# The Band Wagon standard DVD review



## Richard W. Haines (Jul 9, 2007)

Eye candy. Imagine the most vibrant colors over the rainbow. Color so vivid
they're practically hallucinatory. Primaries that made Technicolor "Glorious". Well
if you would like to experience them yourself then the standard DVD Special Edition
of "The Band Wagon" is for you. It looks so outlandish you might assume
it's a blu ray if you project it. I actually saw a 35mm re-issue Technicolor print of
this movie in my home theater about a decade ago and the current DVD replicates
it to the point where I could barely tell the difference on my 10 foot screen and
Optoma HD70 DLP.


So it looks great. But is it a good movie? Well for me it was quite interesting because
it captured the 'feel' of putting on a show. Whether you're making a feature film or
Broadway stage show or even high school amateur production, the experience tends to
be similar. A group of complete strangers work around the clock in very close relationships
to make it happen. You get to know these people very well, for a brief period of time and
perhaps will never see or work with them again. But for that short time you are 
connected even if you know it won't last. It's a very strange type of personal relationship and this silly MGM extravaganza depicts it accurately.


Vincente Minelli (Liza's father and Judy's ex-husband) came from the stage and really 
knew how to make stylish Technicolor musicals. What they lacked in plot or dramatics
they made up for in visuals and energy. This one may be his best regarding those attributes. Now admittedly it's not realistic in any way shape or form. When Fred Astaire and Cyd Charisse do their haunting dance in Central Park it's completely fantacised one although one could argue that's how the characters saw it through their exhausted haze. In real Central Park they would probably be mugged even back in 1953 and it certainly wasn't immaculately clean without homeless people sleeping on benches. But in their imaginary Central Park (staged by Michael Kidd) it works dramatically and is one of the best Astaire numbers of all time. If you accept the premise that Astaire and Charisse are living in their own sheltered world outside of everyone else, then the film works quite nicely. 
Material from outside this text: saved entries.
ghost use Rattle.std.specs.Prelude.{◌≡◌, ℕ, List, IfOk, OnOk, map};
ghost use Rattle.nsq_base.specs.Options.{IsInRange};
ghost use Rattle.nsq_fakes.specs.declared.script.Piece.TheVariants.{Bytes};
ghost use Rattle.drill_parts.specs.Callers.{consumer, publisher, senders};
ghost use Rattle.drill_parts.specs.Hosts.{AddsSender, IsDrillHost, IsNewKit, Sends, drill_options};
ghost use Rattle.path_image.specs.Found.{Pairwise};

use crate::callers::{consumer, publisher};
use crate::draws::Publish;
use broker_history::Entry;
use nsq_base::{Memory, Options};
use nsq_fakes::{MemClock, MemConn, MemFolder, MemHost, MemJournal, Piece};
use nsq_outside::{Kind, Kit};
use std::alloc::Global;

/// The options of a drill: the defaults, but that 100 messages of a topic or a channel are kept in memory.
pub fn drill_options(alloc: Global) -> Result<Options, Memory>
    ensures value { IfOk result (λ options. options ≡ drill_options) }
    ensures in_range { IfOk result IsInRange }
{
    let mut options = Options::defaults(alloc)?;
    options.mem_queue_size = 100;
    Ok(options)
}

/// A host in memory as it is new, with the callers of a drill with these publishes.
pub fn host_of(alloc: Global, publishes: &[Publish]) -> Result<MemHost<Entry>, Memory>
    ensures { IfOk result (IsDrillHost publishes.now) }
{
    let callers = callers_of(alloc, publishes)?;
    let kit = new_kit(alloc)?;
    MemHost::new(alloc, callers, Vec::new(alloc), kit, false)
}

// A kit in memory as it is new: its folder is empty, and its clock shows 0.
fn new_kit(alloc: Global) -> Result<Kit<MemFolder, MemClock, MemJournal<Entry>>, Memory>
    ensures { IfOk result IsNewKit }
{
    let clock = MemClock::new(alloc, Vec::new(alloc))?;
    let folder = MemFolder::new(alloc, Vec::new(alloc), Vec::new(alloc))?;
    Ok(Kit {
        folder,
        clock,
        journal: MemJournal::new(alloc),
    })
}

// The callers of a drill: one that publishes, and one for each topic.
fn callers_of(alloc: Global, publishes: &[Publish]) -> Result<Vec<(Kind, MemConn)>, Memory>
    ensures { IfOk result (λ callers. Pairwise Sends (senders publishes.now) callers.items) }
{
    let mut callers = Vec::new(alloc);
    add_publisher(alloc, &mut callers, publishes)?;
    add_consumer(alloc, &mut callers, publishes, 0)?;
    add_consumer(alloc, &mut callers, publishes, 1)?;
    add_consumer(alloc, &mut callers, publishes, 2)?;
    add_consumer(alloc, &mut callers, publishes, 3)?;
    Ok(callers)
}

// Appends the caller that publishes.
fn add_publisher(
    alloc: Global,
    callers: &mut Vec<(Kind, MemConn)>,
    publishes: &[Publish],
) -> Result<(), Memory>
    ensures { OnOk result (AddsSender (publisher publishes.now) callers.old.items callers.new.items) }
{
    callers.reserve(1)?;
    let pieces = publisher(alloc, publishes)?;
    callers.push_reserved(caller_of(alloc, pieces)?);
    Ok(())
}

// Appends the consumer of a topic.
fn add_consumer(
    alloc: Global,
    callers: &mut Vec<(Kind, MemConn)>,
    publishes: &[Publish],
    topic: u8,
) -> Result<(), Memory>
    ensures { OnOk result (AddsSender (consumer publishes.now topic) callers.old.items callers.new.items) }
{
    callers.reserve(1)?;
    let pieces = consumer(alloc, publishes, topic)?;
    callers.push_reserved(caller_of(alloc, pieces)?);
    Ok(())
}

// A caller that sends these pieces.
fn caller_of(alloc: Global, pieces: Vec<Piece>) -> Result<(Kind, MemConn), Memory>
    ensures { IfOk result (λ caller. (sent : List (List ℕ)) → pieces.items ≡ map (λ piece. Bytes piece) sent → Sends sent caller) }
{
    let conn = MemConn::new(alloc, pieces, Vec::new(alloc), Vec::new(alloc))?;
    Ok((Kind::Tcp, conn))
}
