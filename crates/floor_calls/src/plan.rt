ghost use Rattle.std.specs.Prelude.{◌≡◌, IfOk, IsSome, Ok, false, is_some};
ghost use Rattle.broker_history.specs.declared.call.Call.TheVariants as call;
ghost use Rattle.floor_acts.specs.declared.plan.Plan.TheVariants as leads;
ghost use Rattle.floor_rooms.specs.Rooms.{client_in};
ghost use Rattle.floor_rooms.specs.Sound.{IsSound};
ghost use Rattle.floor_acts.specs.Plans.{IsAllowedPlan, IsPlanOf, IsShortPlan, KnowsPlan, Serves, is_strange};

use crate::asked::said_to;
use crate::due::next_due_to;
use crate::listed::names;
use broker_history::{Act, Ask, Call};
use floor_acts::{NextDue, Plan, Planned, find_client, refusal, reply_to};
use floor_rooms::{Client, Hall};
use nsq_base::Memory;
use std::alloc::Global;
use v2_frame::{Command, Fault};

/// Whether a call doesn't fit its number: the client of that number isn't there, or the one that is to begin is.
pub fn is_strange(hall: &Hall, number: u64, call: &Call) -> bool
    requires { IsSound hall.now }
    ensures { result ≡ is_strange call.now (is_some (client_in hall.now.clients.items number)) }
{
    let there = find_client(hall, number).is_some();
    match call {
        Call::Begin => there,
        Call::Command(_) => !there,
        Call::Bad(_) => !there,
        Call::Next => !there,
        Call::Gone => !there,
        Call::Ask(_) => false,
        Call::Names => false,
        Call::Tick => false,
        Call::Stop => false,
    }
}

/// What a call of this number leads to, where it isn't strange and no Stop keeps it from an act. Want of memory is the only error.
pub fn plan_call(hall: &Hall, alloc: Global, number: u64, call: Call) -> Result<Plan, Memory>
    requires sound { IsSound hall.now }
    requires serves { Serves hall.now number call }
    ensures shape { IfOk result (IsPlanOf hall.now number call) }
    ensures stands { IfOk result (IsAllowedPlan hall.now number call) }
    ensures knows { IfOk result (KnowsPlan hall.now.options) }
    ensures short { IfOk result IsShortPlan }
{
    match call {
        Call::Begin => certain(Act::Began),
        Call::Command(command) => plan_command(hall, alloc, number, command),
        Call::Bad(fault) => plan_refusal(hall, alloc, number, fault),
        Call::Next => Ok(plan_next(hall, number)),
        Call::Gone => certain(Act::Gone),
        Call::Ask(ask) => plan_asked(hall, alloc, number, ask),
        Call::Names => plan_names(hall, alloc, number),
        Call::Tick => certain(Act::Ticked),
        Call::Stop => certain(Act::Stop),
    }
}

// An act of which nothing was said.
fn plain(act: Act) -> Plan
    ensures { result ≡ leads.Act (record { act = act; said = None }) }
{
    Plan::Act(Planned { act, said: None })
}

// The same where memory might have been wanting.
fn certain(act: Act) -> Result<Plan, Memory>
    ensures { result ≡ Ok (leads.Act (record { act = act; said = None })) }
{
    Ok(plain(act))
}

// The client of this number, which is there.
fn client_of(hall: &Hall, number: u64) -> &Client
    requires sound { IsSound hall.now }
    requires there { IsSome (client_in hall.now.clients.items number) }
    ensures { client_in hall.now.clients.items number ≡ Some result.now }
{
    let Some(client) = find_client(hall, number) else {
        unreachable!()
    };
    client
}

// What a command leads to.
fn plan_command(hall: &Hall, alloc: Global, number: u64, command: Command) -> Result<Plan, Memory>
    requires sound { IsSound hall.now }
    requires there { IsSome (client_in hall.now.clients.items number) }
    requires running { hall.now.stopped ≡ false }
    ensures shape { IfOk result (IsPlanOf hall.now number (call.Command command)) }
    ensures stands { IfOk result (IsAllowedPlan hall.now number (call.Command command)) }
    ensures knows { IfOk result (KnowsPlan hall.now.options) }
    ensures short { IfOk result IsShortPlan }
{
    let client = client_of(hall, number);
    if client.is_lost() {
        let_command_go(command);
        return certain(Act::Dropped);
    }
    match reply_to(hall, alloc, client, &command) {
        Ok(replied) => Ok(Plan::Act(Planned {
            act: Act::Did(command, replied.reply),
            said: replied.said,
        })),
        Err(memory) => {
            let_command_go(command);
            Err(memory)
        }
    }
}

// A command goes here, where nothing else is held beside it.
fn let_command_go(_command: Command) {}

// What a fault in a client's bytes leads to.
fn plan_refusal(hall: &Hall, alloc: Global, number: u64, fault: Fault) -> Result<Plan, Memory>
    requires sound { IsSound hall.now }
    requires there { IsSome (client_in hall.now.clients.items number) }
    requires running { hall.now.stopped ≡ false }
    ensures shape { IfOk result (IsPlanOf hall.now number (call.Bad fault)) }
    ensures stands { IfOk result (IsAllowedPlan hall.now number (call.Bad fault)) }
    ensures knows { IfOk result (KnowsPlan hall.now.options) }
    ensures short { IfOk result IsShortPlan }
{
    let _client = client_of(hall, number);
    let frame = refusal(alloc, fault)?;
    certain(Act::Refused(fault, frame))
}

// What is to be sent to a client that is ready for it.
fn plan_next(hall: &Hall, number: u64) -> Plan
    requires sound { IsSound hall.now }
    requires there { IsSome (client_in hall.now.clients.items number) }
    requires running { hall.now.stopped ≡ false }
    ensures shape { IsPlanOf hall.now number call.Next result }
    ensures stands { IsAllowedPlan hall.now number call.Next result }
    ensures knows { KnowsPlan hall.now.options result }
    ensures short { IsShortPlan result }
{
    let client = client_of(hall, number);
    match next_due_to(hall, client) {
        NextDue::Dropped => plain(Act::Dropped),
        NextDue::Silent => plain(Act::Silent),
        NextDue::Beat => plain(Act::Beat),
        NextDue::Nothing => plain(Act::Idle),
        NextDue::Message(i, j) => Plan::Draw(i, j),
    }
}

// What something that is asked over HTTP leads to.
fn plan_asked(hall: &Hall, alloc: Global, number: u64, ask: Ask) -> Result<Plan, Memory>
    requires sound { IsSound hall.now }
    requires running { hall.now.stopped ≡ false }
    ensures shape { IfOk result (IsPlanOf hall.now number (call.Ask ask)) }
    ensures stands { IfOk result (IsAllowedPlan hall.now number (call.Ask ask)) }
    ensures knows { IfOk result (KnowsPlan hall.now.options) }
    ensures short { IfOk result IsShortPlan }
{
    match said_to(hall, alloc, &ask) {
        Ok(said) => certain(Act::Asked(ask, said)),
        Err(memory) => {
            let_ask_go(ask);
            Err(memory)
        }
    }
}

// What was asked goes here, where nothing else is held beside it.
fn let_ask_go(_ask: Ask) {}

// What the asking for names leads to.
fn plan_names(hall: &Hall, alloc: Global, number: u64) -> Result<Plan, Memory>
    requires { IsSound hall.now }
    ensures shape { IfOk result (IsPlanOf hall.now number call.Names) }
    ensures stands { IfOk result (IsAllowedPlan hall.now number call.Names) }
    ensures knows { IfOk result (KnowsPlan hall.now.options) }
    ensures short { IfOk result IsShortPlan }
{
    let names = names(hall, alloc)?;
    certain(Act::Listed(names))
}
As for the story itself it makes absolutely no sense. The 'high concept' is that movie
star Fred Astaire is a has been since the type of musicals he was popular in are considered dated as they were at the time. So he decides to return to the stage where ham actor, Jack Buchanan, is planning to do some kind of pompous 'arty' version of "Faust" which puts it at odds with the show that Nannette Fabray and Oscar Levant wrote. They describe their show as the story of a children's book writer who decides to write Mickey Spillane type of pulp fiction to survive.


So after lots of arguing and romantic affairs, Buchanan puts on his version which is a bomb. So Astaire decides to save the show and his relationship with Charisse by selling off his valuable paintings to produce the mainstream show the authors intended. Except...the show they end up putting on has no relationship with what was described earlier. It appears to be some kind of Ziegfeld romp with Top Hat numbers and a funny routine where they sing a song portraying little bratty children. It's absurd. The point is to relax and enjoy the singing, choreography and incredible three strip Technicolor. 



Would I recommend this mess of a musical? It is what it is and I enjoy the 'atmosphere' of putting on a show that it accurately depicts and the brilliant hues that make "The 
Wizard of Oz" look pale in comparison So you'll have to decide for yourself. But if you like eye candy movies, you might get a kick out of it despite the obvious flaws in terms of it's narrative structure. 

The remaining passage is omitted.